→ **Work instructions**:
All lines from the start of the listing below through the line containing "#[derive(Clone, Copy)]" are to be written out again exactly, and no others.
***** Extracted data
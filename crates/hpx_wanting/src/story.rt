//! A world and its fabric, and what is seen of them where memory is wanting.
use hpx_journal::cargo::one;
use hpx_journal::entry::Event;
use hpx_journal::journal::Journal;
use hpx_judged::worlds::{is_legal, printed};
use hpx_ports::memory_fabric::SureFabric;
use hpx_ports::order::Order;
use hpx_trial::trial::Trial;
use hpx_value::acts::{Acts, Done};
use hpx_value::memory::OutOfMemory;
use hpx_value::profile::Profile;
use hpx_world::turns::{Choice, WorldFault};
use hpx_world::world::World;
use std::alloc::Global;

/// A new object has a credit of 256.
const PROFILE: Profile = Profile {
    credit_log: 8,
    credit_limit: 1024,
    cache: 1,
};

/// A world, and how often memory was wanting, and whether what was left then was not right.
#[derive(Drop)]
pub struct Session {
    world: World<Trial>,
    fabric: SureFabric,
    wanted: u32,
    wrong: bool,
}

/// How often memory was wanting, and whether what was left then, or in the end, was not right.
#[derive(Clone, Copy)]
pub struct Told {
    pub wanted: u32,
    pub wrong: bool,
}

/// What the session prints.
const TEXT: &[u8] = b"5\n10\n";

/// Whether a job is out: one was handed out and is not done.
fn is_out(journal: &Journal) -> bool {
    let mut out = 0u32;
    for entry in journal.as_slice() {
        match &entry.event {
            Event::Fire { .. } => out = out.saturating_add(1),
            Event::Done { .. } => out = out.saturating_sub(1),
            _ => (),
        }
    }
    out > 0
}

impl Session {
    /// A world of two localities.
    pub fn boot(alloc: Global) -> Result<Session, OutOfMemory> {
        if !PROFILE.is_valid() {
            return Err(OutOfMemory);
        }
        Ok(Session {
            world: World::boot(alloc, Trial, PROFILE)?,
            fabric: SureFabric::new(alloc, Order::FirstIn),
            wanted: 0,
            wrong: false,
        })
    }

    /// Memory was wanting: the judge has to accept the journal, and a job was handed back exactly where one is out.
    fn note(&mut self, alloc: Global, back: bool) {
        self.wanted = self.wanted.saturating_add(1);
        if back != is_out(self.world.journal()) || !is_legal(alloc, &self.world, PROFILE) {
            self.wrong = true;
        }
    }

    /// Commits a job that was handed back.
    fn finish(&mut self, alloc: Global, done: Done<Trial>) -> Result<(), OutOfMemory> {
        if done.job().at >= self.world.acts().localities() {
            return Err(OutOfMemory);
        }
        match self
            .world
            .turn(alloc, Choice::Finish(done), &mut self.fabric)
        {
            Ok(_) => Ok(()),
            Err(_) => Err(OutOfMemory),
        }
    }

    /// Goes on from a refusal for want of memory.
    fn mend(&mut self, alloc: Global, fault: WorldFault<Trial>) -> Result<(), OutOfMemory> {
        match fault {
            WorldFault::OutOfMemory { undone: None } => {
                self.note(alloc, false);
                Ok(())
            }
            WorldFault::OutOfMemory { undone: Some(done) } => {
                self.note(alloc, true);
                self.finish(alloc, done)
            }
            WorldFault::NotRun { job } => {
                self.note(alloc, true);
                match Done::compute(alloc, &Trial, job) {
                    Ok(done) => self.finish(alloc, done),
                    Err(_) => Err(OutOfMemory),
                }
            }
            _ => Err(OutOfMemory),
        }
    }

    /// One step, if there is one.
    fn step(&mut self, alloc: Global) -> Result<bool, OutOfMemory> {
        match self.world.step(alloc, &mut self.fabric) {
            Ok(more) => Ok(more),
            Err(fault) => {
                self.mend(alloc, fault)?;
                Ok(true)
            }
        }
    }

    /// A line of one byte is fed.
    fn feed(&mut self, alloc: Global, byte: u8) -> Result<(), OutOfMemory> {
        let line = one(alloc, byte)?;
        match self.world.turn(alloc, Choice::Feed(line), &mut self.fabric) {
            Ok(_) => Ok(()),
            Err(_) => Err(OutOfMemory),
        }
    }

    /// A line is fed, once more where memory was wanting, and all is done that follows.
    pub fn line(&mut self, alloc: Global, byte: u8) -> Result<(), OutOfMemory> {
        if self.feed(alloc, byte).is_err() {
            self.note(alloc, false);
            self.feed(alloc, byte)?;
        }
        for _ in 0..400 {
            if !self.step(alloc)? {
                return Ok(());
            }
        }
        Ok(())
    }

    /// Whether all has come to rest, the text is whole, and the judge accepts the journal.
    fn is_whole(&self, alloc: Global) -> bool {
        let text = match printed(alloc, self.world.journal(), 0) {
            Ok(text) => text,
            Err(_) => return false,
        };
        self.world.quiet() && text.as_slice() == TEXT && is_legal(alloc, &self.world, PROFILE)
    }

    /// What a session came to that was broken off.
    pub fn broken_off(&self) -> Told {
        Told {
            wanted: self.wanted,
            wrong: true,
        }
    }

    /// What it came to. Where memory was wanting to tell it, that is tried once more.
    pub fn told(&self, alloc: Global) -> Told {
        let whole = self.is_whole(alloc) || self.is_whole(alloc);
        Told {
            wanted: self.wanted,
            wrong: self.wrong || !whole,
        }
    }
}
**********
→ **Answer space**:
filename crates/hpx_wanting/src/story.rt
//! A world and its fabric, and what is seen of them where memory is wanting.
use hpx_journal::cargo::one;
use hpx_journal::entry::Event;
use hpx_journal::journal::Journal;
use hpx_judged::worlds::{is_legal, printed};
use hpx_ports::memory_fabric::SureFabric;
use hpx_ports::order::Order;
use hpx_trial::trial::Trial;
use hpx_value::acts::{Acts, Done};
use hpx_value::memory::OutOfMemory;
use hpx_value::profile::Profile;
use hpx_world::turns::{Choice, WorldFault};
use hpx_world::world::World;
use std::alloc::Global;

/// A new object has a credit of 256.
const PROFILE: Profile = Profile {
    credit_log: 8,
    credit_limit: 1024,
    cache: 1,
};

/// A world, and how often memory was wanting, and whether what was left then was not right.
#[derive(Drop)]
pub struct Session {
    world: World<Trial>,
    fabric: SureFabric,
    wanted: u32,
    wrong: bool,
}

/// How often memory was wanting, and whether what was left then, or in the end, was not right.
#[derive(Clone, Copy)]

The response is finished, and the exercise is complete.